━━━ Provided records ━━━
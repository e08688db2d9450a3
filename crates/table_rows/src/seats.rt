//! The seats at a table, by the kind of their view. A seat has no bytes: it is the right to step, and what it knows.
ghost use Rattle.std.specs.Prelude.{◌≡◌, []};
ghost use Rattle.table_rows.specs.declared.view.CallerView.{CallerView};
ghost use Rattle.table_rows.specs.declared.view.FounderView.{FounderView};
ghost use Rattle.table_rows.specs.declared.view.Sight.{Sight};
ghost use Rattle.table_rows.specs.declared.view.View.TheVariants.{Caller, Founder, Note};
ghost use Rattle.table_rows.specs.Seats.{SeatValue};
ghost use Rattle.table_rows.specs.Steps.{IsCaller, IsSight};
ghost use Rattle.table_rows.specs.Views.{as_caller, as_founder, as_sight};

use crate::view::View;
use atomic_table::Seat;
use std::marker::Model;

/// The seat that gives numbers, and takes callers in at the end.
#[derive(Drop)]
pub struct FounderSeat {
    pub(crate) seat: Seat<(), View>,
}

impl Model for FounderSeat {
    ghost Value = { SeatValue FounderView };

    ghost view = { λ s. record { table = s.seat.table_id; view = as_founder s.seat.me.0 } };

    ghost invariant = { λ s. (s.seat.me ≡ (Founder (as_founder s.seat.me.0), [])) × IsSight (as_founder s.seat.me.0).sight };
}

/// The seat of one caller, which writes its draft and appends.
#[derive(Drop)]
pub struct CallerSeat {
    pub(crate) seat: Seat<(), View>,
}

impl Model for CallerSeat {
    ghost Value = { SeatValue CallerView };

    ghost view = { λ s. record { table = s.seat.table_id; view = as_caller s.seat.me.0 } };

    ghost invariant = { λ s. (s.seat.me ≡ (Caller (as_caller s.seat.me.0), [])) × IsCaller (as_caller s.seat.me.0) };
}

/// What a caller had seen, for another seat to take in.
#[derive(Drop)]
pub struct NoteSeat {
    pub(crate) seat: Seat<(), View>,
}

impl Model for NoteSeat {
    ghost Value = { SeatValue Sight };

    ghost view = { λ s. record { table = s.seat.table_id; view = as_sight s.seat.me.0 } };

    ghost invariant = { λ s. (s.seat.me ≡ (Note (as_sight s.seat.me.0), [])) × IsSight (as_sight s.seat.me.0) };
}

impl FounderSeat {
    /// A law: what every founder's view is, whatever the words are.
    pub fn is_sight(&self)
        ensures { IsSight self.now.view.sight }
    {
        let _ = &self.seat;
    }
}

impl CallerSeat {
    /// A law: what every caller's view is, whatever the words are.
    pub fn is_caller(&self)
        ensures { IsCaller self.now.view }
    {
        let _ = &self.seat;
    }
}

impl NoteSeat {
    /// A law: what every note's view is, whatever the words are.
    pub fn is_sight(&self)
        ensures { IsSight self.now.view }
    {
        let _ = &self.seat;
    }
}
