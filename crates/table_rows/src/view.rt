//! What the seats at a table know. No value of these types is made: contracts and proofs alone speak of them. An array there is
//! a list of any length.
use linear_spec::Equations;
use std::snapshot::Snapshot;

/// What all seats at one table agree on.
#[derive(Drop)]
pub struct Parameters {
    pub generation: u16,
    pub k: u16,
    pub s: u16,
    /// How many numbers may be given to callers.
    pub passes: u32,
    pub equations: Snapshot<Equations>,
}

/// The regions that the directory is known to name, in its order, and for each of them its words, where they were read.
pub struct Front {
    pub known: [u64; 0],
    pub read: [[Option<u64>; 0]; 0],
}

/// What a seat has seen, and fronts that were brought together in it: each is a part of its own front.
pub struct Sight {
    pub parameters: Parameters,
    pub front: Front,
    pub olds: [Front; 0],
}

/// What a caller knows.
pub struct CallerView {
    pub sight: Sight,
    pub number: u32,
    /// The region that it alone writes.
    pub draft: u64,
    /// The words of the draft, where they were written.
    pub written: [Option<u64>; 0],
    /// The position and the call of each record that it appended.
    pub own: [(u64, u64); 0],
    /// How many of its looks found no region, and the place of the last of them.
    pub empty_looks: u64,
    pub last_empty: u64,
    /// How many looks and exchanges it made.
    pub moves: u64,
    /// How many words of known regions it read.
    pub reads: u64,
}

/// What the founder knows.
pub struct FounderView {
    pub sight: Sight,
    /// For each number that it gave, the own list of the caller, once that was joined.
    pub joined: [Option<[(u64, u64); 0]>; 0],
}

/// What a seat knows.
pub enum View {
    Founder(FounderView),
    Caller(CallerView),
    Note(Sight),
    /// Another seat has taken it in.
    Spent,
}
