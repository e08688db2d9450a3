//! How the words of a basis are laid out: a directory, then regions, four symbols in a word.
ghost use Rattle.std.specs.Prelude.{◌≡◌, ◌+◌, ◌*◌, ◌^◌, ◌<◌, ◌≤◌, length, take, slice_index};
ghost use Rattle.table_rows.specs.Layout.{basis_length, packed_of, region_length, symbols_in, words_for};

/// How many words a number of symbols takes.
pub fn words_for_symbols(symbols: usize) -> usize
    requires { symbols < 2 ^ 63 }
    ensures { result ≡ words_for symbols }
{
    (symbols + 3) / 4
}

/// The number of words of a region.
pub fn words_of_region(k: u16, s: u16) -> u64
    ensures value { result ≡ region_length k s }
    ensures bound { result < 2 ^ 17 }
{
    let half = words_for_symbols(usize::from(k)) + words_for_symbols(usize::from(s));
    2 + 2 * half as u64
}

/// The number of words of a basis of packets with `k` coefficients and `s` payload symbols, for so many callers.
pub fn words_of_basis(k: u16, s: u16, passes: u32) -> u64
    requires { (1 ≤ passes) × (passes ≤ 16) }
    ensures { result ≡ basis_length k s passes }
{
    u64::from(k) + (u64::from(passes) + u64::from(k)) * words_of_region(k, s)
}

/// The symbol at a place, or 0 past the end.
fn symbol_or_zero(symbols: &[u16], at: usize) -> u64
    ensures value { result ≡ slice_index symbols.now at }
    ensures symbol { result < 2 ^ 16 }
{
    match symbols.get(at) {
        Some(symbol) => u64::from(*symbol),
        None => 0,
    }
}

/// The word of at most four symbols: the first in the highest 16 bits, and zeros past the last.
pub fn pack(symbols: &[u16]) -> u64
    requires { length symbols.now ≤ 4 }
    ensures { result ≡ packed_of symbols.now }
{
    let high = symbol_or_zero(symbols, 0) * 0x1_0000 + symbol_or_zero(symbols, 1);
    let low = symbol_or_zero(symbols, 2) * 0x1_0000 + symbol_or_zero(symbols, 3);
    high * 0x1_0000_0000 + low
}

/// Puts the first symbols of a word in place, as many as `out` has.
pub fn unpack(word: u64, out: &mut [u16])
    requires { length out.old ≤ 4 }
    ensures { out.new ≡ take (length out.old) (symbols_in word) }
{
    let symbols = [
        (word >> 48) as u16,
        (word >> 32 & 0xFFFF) as u16,
        (word >> 16 & 0xFFFF) as u16,
        (word & 0xFFFF) as u16,
    ];
    let count = out.len();
    out.copy_from_slice(&symbols[..count]);
}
━━━
*Directions*. In the listing above, find the line with "pub read: [[Option<u64>;" and the line with "that it appended.", then print exactly those lines and every line between them.

*Task answer*.
    pub read: [[Option<u64>; 0]; 0],
}

/// What a seat has seen, and fronts that were brought together in it: each is a part of its own front.
pub struct Sight {
    pub parameters: Parameters,
    pub front: Front,
    pub olds: [Front; 0],
}

/// What a caller knows.
pub struct CallerView {
    pub sight: Sight,
    pub number: u32,
    /// The region that it alone writes.
    pub draft: u64,
    /// The words of the draft, where they were written.
    pub written: [Option<u64>; 0],
    /// The position and the call of each record that it appended.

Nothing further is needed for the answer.